Ce matin, s'y l'on en croit les commentaires de la radio, c'est comme si, depuis 1998, rien ne s'était passé dans le monde du capital et du foot, ces deux sales jumelles. Les journalistes continuent d'analyser ce monde et les autres, le politique par exemple, ou encore l'économique, avec des grilles tellement vieilles qu'elles en sont totalement rouillées et qu'ils font surtout la démonstration qu'ils n'y voient que couic.

Et ils continuent : blah, blah, blahh... Vous, vous êtes là, penchée sur la buée de votre bol de thé, et le malaise se précise : ici et maintenant vous ressentez les vraies choses. Une chaudière qui peine à fournir 19 petits degrés à son meilleur moment, la nécessité de descendre au marché et donc, d'en remonter), ces rideaux qu'il faut finir, plusieurs paperasses à classer, courriers à écrire... Le ciné peut-être cet après-midi ? Ah oui : repassage sans faute parce que ça déborde. Et par-dessus tout l'envie là, tout de suite de ne rien faire de tout cela, mais d'essayer de décrire ce qui vous arrive...

Pendant ce temps, dans un monde parallèle, la radio cause : ouiiiii, voilà ! (voiloh) Un monde parallèle.

Ne vous est-il jamais arrivé d'avoir le sentiment qu'entre le monde tel que le décrivent les médias et la vraie vie, il y a, je ne sais pas, tiens : deux ou trois galaxies de distance ?
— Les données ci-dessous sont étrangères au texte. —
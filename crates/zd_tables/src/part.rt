//! One block of a zone's bitmap, and what is counted of it.

ghost use Rattle.std.specs.Prelude.{◌≡◌, ℕ, ◌+◌, ◌-◌, ◌*◌, ◌<◌, ◌≤◌, length, min};
ghost use Rattle.std.specs.Prelude.{false, IfOk};
ghost use Rattle.std.specs.Option.{option_map_or};
ghost use Rattle.zd_bits.specs.Bits.{GivesOnly, Tells};
ghost use Rattle.zd_sets.specs.Blocks.{blocks_of};
ghost use Rattle.zd_tables.specs.Counts.{IsCounted, IsFirstWithout, count_at};

use std::alloc::{AllocError, Global};
use zd_bits::{clear_range, first_valid, set_range, weight, weight_in};
use zd_sets::SetBlocks;

/// The bits of a bitmap block.
pub(crate) const BITS: u32 = 32_768;

/// Which parts of a zone's bitmap were changed. A part is one bitmap block.
#[derive(Clone, Copy, Debug, PartialEq, Eq)]
pub struct ChangedParts {
    /// The one with the bits of blocks 0 to 32,767.
    pub first: bool,
    /// The one with those of blocks 32,768 to 65,535.
    pub second: bool,
}

/// What is counted of a bitmap block, of the bits that belong to blocks of its zone.
#[derive(Clone, Copy, Debug, PartialEq, Eq)]
pub(crate) struct PartCount {
    /// How many are set.
    pub(crate) weight: u32,
    /// The first that is set.
    pub(crate) first: Option<u32>,
}

/// What is counted of no bits.
pub(crate) const NOTHING: PartCount = PartCount {
    weight: 0,
    first: None,
};

/// Counts the bits below `end`, in one pass over them.
pub(crate) fn counted(bits: &[u8], end: u32) -> PartCount
    requires { end ≤ 8 * length bits.now }
    ensures { IsCounted bits.now end result }
{
    PartCount {
        weight: weight(bits, end),
        first: first_valid(bits, 0, end),
    }
}

/// Counts the first bits, so many, of each block from block `first` on, below block `last`.
pub(crate) fn count_parts(
    alloc: Global,
    blocks: &SetBlocks,
    first: u32,
    last: u32,
    bits: u32,
) -> Result<Vec<PartCount>, AllocError>
    requires order { first ≤ last }
    requires inside { 4096 * last ≤ length blocks.now }
    requires few { bits ≤ 32768 }
    ensures size { IfOk result (λ v. length v.items ≡ last - first) }
    ensures each { IfOk result (λ v. (k : ℕ) → first + k < last
        → IsCounted (blocks_of blocks.now (first + k) 1) bits (count_at v.items k)) }
{
    let mut counts = Vec::with_capacity(alloc, (last - first) as usize)?;
    for i in first..last {
        counts.push(counted(blocks.block(i), bits))?;
    }
    Ok(counts)
}

/// Gives the bits from `from` on, below `to`, this value, and keeps the count of those below `end`.
/// The answer says whether one had the other.
pub(crate) fn give_bits(
    bits: &mut [u8],
    count: &mut PartCount,
    from: u32,
    to: u32,
    end: u32,
    bit: bool,
) -> bool
    requires order { from ≤ to }
    requires range { to ≤ end }
    requires inside { end ≤ 8 * length bits.old }
    requires counted { IsCounted bits.old end count.old }
    ensures value { Tells result bit bits.old from to }
    ensures bits { GivesOnly bit from to bits.old bits.new }
    ensures same { result ≡ false → bits.new ≡ bits.old }
    ensures counted { IsCounted bits.new end count.new }
    ensures size { length bits.new ≡ length bits.old }
{
    let others = count.weight - weight_in(bits, from, to);
    if bit {
        let changed = set_range(bits, from, to - from);
        if changed {
            count.weight = others + (to - from);
            count.first = Some(first_with(count.first, from));
        }
        changed
    } else {
        let changed = clear_range(bits, from, to - from);
        count.weight = others;
        count.first = first_without(bits, count.first, from, to, end);
        changed
    }
}

/// The first bit of all, once bit `from` is set.
fn first_with(first: Option<u32>, from: u32) -> u32
    ensures { result ≡ option_map_or (λ n. min n from) first from }
{
    match first {
        Some(n) => n.min(from),
        None => from,
    }
}

/// The first bit of all, once those from `from` on, below `to`, are clear. Where it was one of them,
/// it is looked for from `to` on.
fn first_without(bits: &[u8], first: Option<u32>, from: u32, to: u32, end: u32) -> Option<u32>
    requires range { to ≤ end }
    requires inside { end ≤ 8 * length bits.now }
    ensures { IsFirstWithout bits.now from to end first result }
{
    match first {
        Some(n) if from <= n && n < to => first_valid(bits, to, end),
        _ => first,
    }
}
Bah, mieux vaut s'émerveiller des écharpes de brumes descendant du Pilat, lequel, figurez-vous, s'est mantelé de blanc épais dès hier. Mieux vaut s'équiper pour affronter la fraîcheur (hi hi) et marcher d'un bon pas dans la rue cotonneuse, retrouver les marchands, la goutte au nez, devant leurs étalages de produits bourrus, un peu terreux. Ne pas hésiter à prendre la file d'attente chez le type qui fait toujours la gueule, là au fond du marché, mais qui a une terrine incomparable (tu sais, La Jardinière, celui qui fait aussi ce jambon délicieux), et à midi, avec un canon et un peu de pain craquant... Mieux vaut préparer le prochain café-lecture au Remue-Méninges. Savoir qu'à midi au plus tard le brouillard aura regagné les forêts là-haut, et qu'il sera temps de remettre le nez dehors pour aller musarder dans les rues pentues...

Mieux vaut souhaiter aux personnes qui lisent ici et aux poètes :

BON ET TRES JOYEUX ANNIVERSAIRE, CHERE ALBERTE LAGRINCHE !!!